### Task directions:
Which lines of the listing hold the string "next"? Copy those lines.

### Source data:
Content starts

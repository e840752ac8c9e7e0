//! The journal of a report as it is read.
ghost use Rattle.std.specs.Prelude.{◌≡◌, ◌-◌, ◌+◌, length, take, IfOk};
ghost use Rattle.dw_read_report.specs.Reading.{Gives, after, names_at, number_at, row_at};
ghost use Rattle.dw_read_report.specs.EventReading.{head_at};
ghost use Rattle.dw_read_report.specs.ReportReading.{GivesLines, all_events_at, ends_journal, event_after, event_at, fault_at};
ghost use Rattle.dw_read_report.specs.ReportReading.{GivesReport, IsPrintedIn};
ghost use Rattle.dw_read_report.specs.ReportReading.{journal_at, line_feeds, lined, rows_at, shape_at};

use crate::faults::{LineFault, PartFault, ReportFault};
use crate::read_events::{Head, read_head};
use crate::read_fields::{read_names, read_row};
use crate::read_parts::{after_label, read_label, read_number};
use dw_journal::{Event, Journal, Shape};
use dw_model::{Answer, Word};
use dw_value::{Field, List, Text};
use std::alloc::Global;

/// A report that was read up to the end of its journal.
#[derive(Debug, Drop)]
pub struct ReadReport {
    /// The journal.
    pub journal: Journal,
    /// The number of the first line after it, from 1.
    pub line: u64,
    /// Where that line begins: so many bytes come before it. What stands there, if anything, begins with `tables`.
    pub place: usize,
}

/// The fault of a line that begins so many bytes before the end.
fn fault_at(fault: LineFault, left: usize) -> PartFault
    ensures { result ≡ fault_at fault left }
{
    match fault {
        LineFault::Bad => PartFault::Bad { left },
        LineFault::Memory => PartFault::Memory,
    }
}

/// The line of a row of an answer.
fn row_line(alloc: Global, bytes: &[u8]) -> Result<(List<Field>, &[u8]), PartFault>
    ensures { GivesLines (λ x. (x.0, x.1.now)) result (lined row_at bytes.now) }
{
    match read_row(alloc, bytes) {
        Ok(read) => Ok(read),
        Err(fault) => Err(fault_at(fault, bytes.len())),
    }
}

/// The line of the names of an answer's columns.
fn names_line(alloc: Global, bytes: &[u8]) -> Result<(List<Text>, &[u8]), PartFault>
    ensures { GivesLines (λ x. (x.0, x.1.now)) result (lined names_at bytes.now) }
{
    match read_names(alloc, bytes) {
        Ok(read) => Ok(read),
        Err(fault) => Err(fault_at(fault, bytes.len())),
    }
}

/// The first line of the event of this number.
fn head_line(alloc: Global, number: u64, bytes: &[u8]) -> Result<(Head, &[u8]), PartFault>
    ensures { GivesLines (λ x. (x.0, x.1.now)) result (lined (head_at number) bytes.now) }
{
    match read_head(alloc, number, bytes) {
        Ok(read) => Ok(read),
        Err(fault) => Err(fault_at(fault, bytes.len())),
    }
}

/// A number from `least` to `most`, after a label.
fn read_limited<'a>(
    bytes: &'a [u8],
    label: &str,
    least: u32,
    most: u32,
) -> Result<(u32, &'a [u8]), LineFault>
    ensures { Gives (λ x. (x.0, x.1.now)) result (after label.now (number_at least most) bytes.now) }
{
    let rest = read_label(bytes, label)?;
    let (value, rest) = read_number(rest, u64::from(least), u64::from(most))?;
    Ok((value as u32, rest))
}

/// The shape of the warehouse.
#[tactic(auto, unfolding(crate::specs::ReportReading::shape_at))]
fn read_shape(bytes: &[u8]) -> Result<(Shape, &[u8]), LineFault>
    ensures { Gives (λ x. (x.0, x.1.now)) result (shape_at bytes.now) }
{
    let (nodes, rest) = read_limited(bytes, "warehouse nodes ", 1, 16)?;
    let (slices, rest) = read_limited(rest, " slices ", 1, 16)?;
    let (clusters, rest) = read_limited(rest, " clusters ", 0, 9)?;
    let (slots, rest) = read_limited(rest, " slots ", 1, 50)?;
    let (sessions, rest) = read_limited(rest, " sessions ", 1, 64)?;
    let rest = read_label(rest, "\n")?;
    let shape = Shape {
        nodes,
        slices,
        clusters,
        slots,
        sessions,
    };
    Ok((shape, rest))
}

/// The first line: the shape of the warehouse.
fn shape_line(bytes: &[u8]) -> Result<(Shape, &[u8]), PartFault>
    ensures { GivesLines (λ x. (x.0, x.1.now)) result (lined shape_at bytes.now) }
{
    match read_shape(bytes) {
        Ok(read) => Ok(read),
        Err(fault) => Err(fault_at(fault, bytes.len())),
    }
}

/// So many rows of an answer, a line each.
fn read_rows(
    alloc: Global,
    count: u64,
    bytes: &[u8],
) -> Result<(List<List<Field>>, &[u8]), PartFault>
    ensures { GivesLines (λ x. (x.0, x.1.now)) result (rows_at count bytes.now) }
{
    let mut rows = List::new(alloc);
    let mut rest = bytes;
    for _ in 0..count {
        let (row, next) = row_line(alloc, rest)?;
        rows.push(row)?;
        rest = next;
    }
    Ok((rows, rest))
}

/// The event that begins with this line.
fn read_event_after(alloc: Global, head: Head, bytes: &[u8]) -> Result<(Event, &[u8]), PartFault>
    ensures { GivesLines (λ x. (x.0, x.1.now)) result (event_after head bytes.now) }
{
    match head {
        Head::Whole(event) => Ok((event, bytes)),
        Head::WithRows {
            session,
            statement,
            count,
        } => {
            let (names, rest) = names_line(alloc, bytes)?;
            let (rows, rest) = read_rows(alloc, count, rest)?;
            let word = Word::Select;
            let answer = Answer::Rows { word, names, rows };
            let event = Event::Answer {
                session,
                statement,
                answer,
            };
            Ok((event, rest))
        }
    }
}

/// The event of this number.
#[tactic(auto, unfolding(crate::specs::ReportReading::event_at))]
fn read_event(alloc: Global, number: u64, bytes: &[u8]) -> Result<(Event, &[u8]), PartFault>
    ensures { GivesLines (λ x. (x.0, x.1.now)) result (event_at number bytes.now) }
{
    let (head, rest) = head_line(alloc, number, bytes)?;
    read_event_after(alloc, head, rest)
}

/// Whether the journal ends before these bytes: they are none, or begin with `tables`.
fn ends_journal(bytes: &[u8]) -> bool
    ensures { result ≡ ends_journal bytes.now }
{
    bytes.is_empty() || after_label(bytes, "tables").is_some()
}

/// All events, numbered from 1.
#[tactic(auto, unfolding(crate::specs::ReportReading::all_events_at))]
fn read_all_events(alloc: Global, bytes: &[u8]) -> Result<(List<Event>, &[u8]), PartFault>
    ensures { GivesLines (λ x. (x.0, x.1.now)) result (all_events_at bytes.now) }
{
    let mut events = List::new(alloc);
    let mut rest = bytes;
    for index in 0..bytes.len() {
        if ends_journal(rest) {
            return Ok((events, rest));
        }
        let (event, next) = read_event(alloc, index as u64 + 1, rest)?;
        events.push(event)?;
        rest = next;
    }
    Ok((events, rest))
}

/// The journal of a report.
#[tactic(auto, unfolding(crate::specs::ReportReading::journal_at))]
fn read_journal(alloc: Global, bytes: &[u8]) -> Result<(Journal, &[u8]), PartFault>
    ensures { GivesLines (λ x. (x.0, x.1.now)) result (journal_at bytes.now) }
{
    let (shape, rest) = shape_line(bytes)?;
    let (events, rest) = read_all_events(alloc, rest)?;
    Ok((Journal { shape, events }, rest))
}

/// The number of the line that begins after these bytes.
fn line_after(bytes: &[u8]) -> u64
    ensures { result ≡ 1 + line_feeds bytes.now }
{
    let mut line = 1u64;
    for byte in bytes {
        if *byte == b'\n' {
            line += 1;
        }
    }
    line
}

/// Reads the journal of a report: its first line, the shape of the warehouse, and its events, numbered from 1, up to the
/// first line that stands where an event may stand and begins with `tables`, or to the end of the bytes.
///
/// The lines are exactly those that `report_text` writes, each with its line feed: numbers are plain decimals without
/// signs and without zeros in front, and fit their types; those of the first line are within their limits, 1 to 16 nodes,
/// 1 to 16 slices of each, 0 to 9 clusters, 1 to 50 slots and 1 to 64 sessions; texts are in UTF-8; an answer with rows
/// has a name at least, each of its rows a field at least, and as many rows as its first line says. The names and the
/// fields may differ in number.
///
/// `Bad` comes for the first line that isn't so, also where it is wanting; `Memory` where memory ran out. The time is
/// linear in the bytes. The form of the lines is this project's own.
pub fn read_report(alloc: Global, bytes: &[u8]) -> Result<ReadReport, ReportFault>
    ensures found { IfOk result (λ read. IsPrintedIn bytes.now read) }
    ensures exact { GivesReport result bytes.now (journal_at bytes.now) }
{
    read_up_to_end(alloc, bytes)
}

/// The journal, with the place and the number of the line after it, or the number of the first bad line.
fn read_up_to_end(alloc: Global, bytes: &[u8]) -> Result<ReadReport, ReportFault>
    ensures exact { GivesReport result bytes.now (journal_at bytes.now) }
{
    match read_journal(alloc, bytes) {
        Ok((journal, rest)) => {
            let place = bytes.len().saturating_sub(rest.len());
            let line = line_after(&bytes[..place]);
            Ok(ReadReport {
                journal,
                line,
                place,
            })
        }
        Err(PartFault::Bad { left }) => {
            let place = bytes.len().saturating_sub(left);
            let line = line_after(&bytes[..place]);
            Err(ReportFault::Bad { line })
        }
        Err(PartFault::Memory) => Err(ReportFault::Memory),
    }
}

Content ends

### Solution for this exercise:
        let (row, next) = row_line(alloc, rest)?;
        rest = next;
        let (event, next) = read_event(alloc, index as u64 + 1, rest)?;
        rest = next;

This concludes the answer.